>>>
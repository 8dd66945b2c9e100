//! Small callers: what the clauses of the client say of two requests and of a reply.

ghost use Rattle.std.specs.Prelude.{◌≡◌, ◌+◌, ◌≤◌, [], ◌∷◌, ◌++◌, drop, replicate, length, negsuc, pos, IfOk, IsNone};
ghost use Rattle.vfs_wire.specs.Fields.{number, value_of};
ghost use Rattle.vfs_wire.specs.Records.{out_header};

use crate::client::{data, lookup, read, said};
use std::alloc::{AllocError, Global};
use vfs_wire::EntryOut;

/// Request 3, a LOOKUP of `a` in node 1: 42 bytes.
#[tactic(auto, unfolding(vfs_wire::specs::Fields::little))]
fn lookup_of_a(alloc: Global) -> Result<Vec<u8>, AllocError>
    ensures { IfOk result (λ bytes. bytes.items ≡
        (42 ∷ 0 ∷ 0 ∷ 0 ∷ 1 ∷ 0 ∷ 0 ∷ 0 ∷ 3 ∷ []) ++ (replicate 7 0 ++ (1 ∷ []))
        ++ (replicate 23 0 ++ (97 ∷ 0 ∷ []))) }
{
    lookup(alloc, 3, 1, b"a")
}

/// Request 9, a READ of 3 bytes of node 2: 80 bytes.
#[tactic(auto, unfolding(vfs_wire::specs::Fields::little))]
fn read_of_three_bytes() -> [u8; 80]
    ensures { result ≡
        (80 ∷ 0 ∷ 0 ∷ 0 ∷ 15 ∷ 0 ∷ 0 ∷ 0 ∷ 9 ∷ []) ++ (replicate 7 0 ++ (2 ∷ []))
        ++ (replicate 39 0 ++ (3 ∷ replicate 23 0)) }
{
    read(9, 2, 0, 3)
}

/// What a LOOKUP is told of a name that is not there: ENOENT, 2, negated.
#[tactic(auto, unfolding(vfs_wire::specs::Fields::number))]
fn no_entry() -> Option<Result<EntryOut, i32>>
    ensures { result ≡ Some (Err (negsuc 1)) }
{
    said(&[16, 0, 0, 0, 0xfe, 0xff, 0xff, 0xff, 3, 0, 0, 0, 0, 0, 0, 0])
}

/// Fifteen bytes are no reply: neither to a LOOKUP nor to a READ.
fn no_whole_header(reply: &[u8]) -> (Option<Result<EntryOut, i32>>, Option<Result<&[u8], i32>>)
    requires { length reply.now ≡ 15 }
    ensures said { IsNone result.0 }
    ensures data { IsNone result.1 }
{
    (said(reply), data(reply))
}

/// Three of the four bytes of a number are none.
fn no_whole_number(reply: &[u8]) -> Option<Result<u32, i32>>
    requires three { length reply.now ≡ 19 }
    requires fine { (value_of out_header reply.now).error ≡ pos 0 }
    ensures { IsNone result }
{
    said(reply)
}

/// The number that a reply says is in the four bytes after its header.
fn whole_number(reply: &[u8]) -> Option<Result<u32, i32>>
    requires four { length reply.now ≡ 20 }
    requires fine { (value_of out_header reply.now).error ≡ pos 0 }
    ensures { result ≡ Some (Ok (number 4 (drop 16 reply.now))) }
{
    said(reply)
}

/// A READ of a node that is gone is answered ESTALE, 116, negated.
fn no_data(reply: &[u8]) -> Option<Result<&[u8], i32>>
    requires { length reply.now ≡ 16 }
    ensures { (value_of out_header reply.now).error ≡ negsuc 115 → result ≡ Some (Err (negsuc 115)) }
{
    data(reply)
}

/// How many bytes a READ was answered: those after the header.
fn len_of_data(reply: &[u8]) -> usize
    requires header { 16 ≤ length reply.now }
    requires fine { (value_of out_header reply.now).error ≡ pos 0 }
    ensures { result + 16 ≡ length reply.now }
{
    match data(reply) {
        Some(Ok(bytes)) => bytes.len(),
        _ => 0,
    }
}
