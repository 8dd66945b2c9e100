//! The answers of rows.

ghost use Rattle.std.specs.Prelude.{◌≡◌, ◌≤◌, length, IfSome};
ghost use Rattle.vfs_grammar.specs.Limits.{AreLimits};
ghost use Rattle.codec_encode.specs.Answering.{Answers};
ghost use Rattle.codec_encode.specs.Kinds.{kind_told};
ghost use Rattle.codec_encode.specs.Told.{AnswersEachCall, AnswersEachListing};
ghost use Rattle.codec_encode.specs.Fitting.{answer_offered as as_offered, fits as fits_call, fits_ioctl as fits_ioctl_of, is_unfit as unfit_is};

use crate::answered::Answered;
use crate::call::answer;
use codec_calls::{AnswerData, CallData, ItemData, kind, number};
use vfs_grammar::Limits;
use vfs_segments::Writer;
use vfs_wire::ByteValued;
use vfs_wire::parts::part_at;
use vfs_wire_more::{IoctlIovec, IoctlOut, LkOut};

/// How many bytes the record of the reply to STATX has (`struct fuse_statx_out`).
pub const STATX_OUT_SIZE: usize = 288;

/// Flag of `IoctlOut`: the IOCTL is to be asked again, with other input and output.
pub const IOCTL_RETRY: u32 = 1 << 2;

/// How many places of input and output together such a reply may have.
pub const IOCTL_MAX_IOV: u64 = 256;

/// The number of EIO.
pub const EIO: i32 = 5;

// Whether a text answers an IOCTL that may have that much output.
fn fits_ioctl(out_size: u32, text: &[u8]) -> bool
    ensures { result ≡ fits_ioctl_of out_size text.now }
{
    if text.len() < IoctlOut::SIZE {
        return false;
    }
    let out: IoctlOut = part_at(text, 0);
    let len = text.len() as u64;
    if out.flags & IOCTL_RETRY == 0 {
        return len <= IoctlOut::SIZE as u64 + u64::from(out_size);
    }
    let iovs = u64::from(out.in_iovs) + u64::from(out.out_iovs);
    iovs <= IOCTL_MAX_IOV && len == IoctlOut::SIZE as u64 + iovs * IoctlIovec::SIZE as u64
}

// Whether a text answers a call.
fn fits(call: &CallData, text: &[u8]) -> bool
    ensures { result ≡ fits_call call.now text.now }
{
    match call.call {
        number::GETLK => text.len() == LkOut::SIZE,
        number::STATX => text.len() == STATX_OUT_SIZE,
        number::IOCTL => fits_ioctl(call.size, text),
        _ => true,
    }
}

/// Whether a call whose answer is a text is answered one that it can't have: of GETLK another than 24 bytes, of
/// STATX another than 288, of IOCTL one without its record, with more output than was asked for, or, if it is
/// to be asked again, without just the places of its input and its output.
pub fn is_unfit(call: &CallData, answer: &AnswerData, text: &[u8]) -> bool
    ensures { result ≡ unfit_is call.now answer.now text.now }
{
    call.answer == kind::BYTES && answer.error == 0 && !fits(call, text)
}

/// Answers a call of a row or of virtiofsd's table, as [`answer`] does. A text that is unfit is EIO.
pub fn answer_offered(
    limits: Limits,
    call: &CallData,
    a: &AnswerData,
    text: &[u8],
    items: &[ItemData<'_>],
    w: &mut Writer,
) -> Option<Answered>
    requires { AreLimits limits }
    ensures by_kind { Answers limits (kind_told call.now.answer call.now.size) call.now
        (as_offered call.now a.now text.now) text.now items.now w.old result w.new }
    ensures calls { AnswersEachCall limits call.now (as_offered call.now a.now text.now) text.now w.old
        result w.new }
    ensures listings { AnswersEachListing limits call.now (as_offered call.now a.now text.now) items.now
        w.old result w.new }
    ensures within { IfSome result (λ came. came.taken ≤ length items.now) }
{
    if is_unfit(call, a, text) {
        return answer(
            limits,
            call,
            &AnswerData { error: EIO, ..*a },
            text,
            items,
            w,
        );
    }
    answer(limits, call, a, text, items, w)
}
<<<
TASK GOAL: Return a word-for-word copy of the lines above from the one holding "fn lookup_of_a(alloc: Global)" through the one holding "ENOENT, 2, negated.", with both of them included and nothing besides.

EXERCISE SOLUTION:
fn lookup_of_a(alloc: Global) -> Result<Vec<u8>, AllocError>
    ensures { IfOk result (λ bytes. bytes.items ≡
        (42 ∷ 0 ∷ 0 ∷ 0 ∷ 1 ∷ 0 ∷ 0 ∷ 0 ∷ 3 ∷ []) ++ (replicate 7 0 ++ (1 ∷ []))
        ++ (replicate 23 0 ++ (97 ∷ 0 ∷ []))) }
{
    lookup(alloc, 3, 1, b"a")
}

/// Request 9, a READ of 3 bytes of node 2: 80 bytes.
#[tactic(auto, unfolding(vfs_wire::specs::Fields::little))]
fn read_of_three_bytes() -> [u8; 80]
    ensures { result ≡
        (80 ∷ 0 ∷ 0 ∷ 0 ∷ 15 ∷ 0 ∷ 0 ∷ 0 ∷ 9 ∷ []) ++ (replicate 7 0 ++ (2 ∷ []))
        ++ (replicate 39 0 ++ (3 ∷ replicate 23 0)) }
{
    read(9, 2, 0, 3)
}

/// What a LOOKUP is told of a name that is not there: ENOENT, 2, negated.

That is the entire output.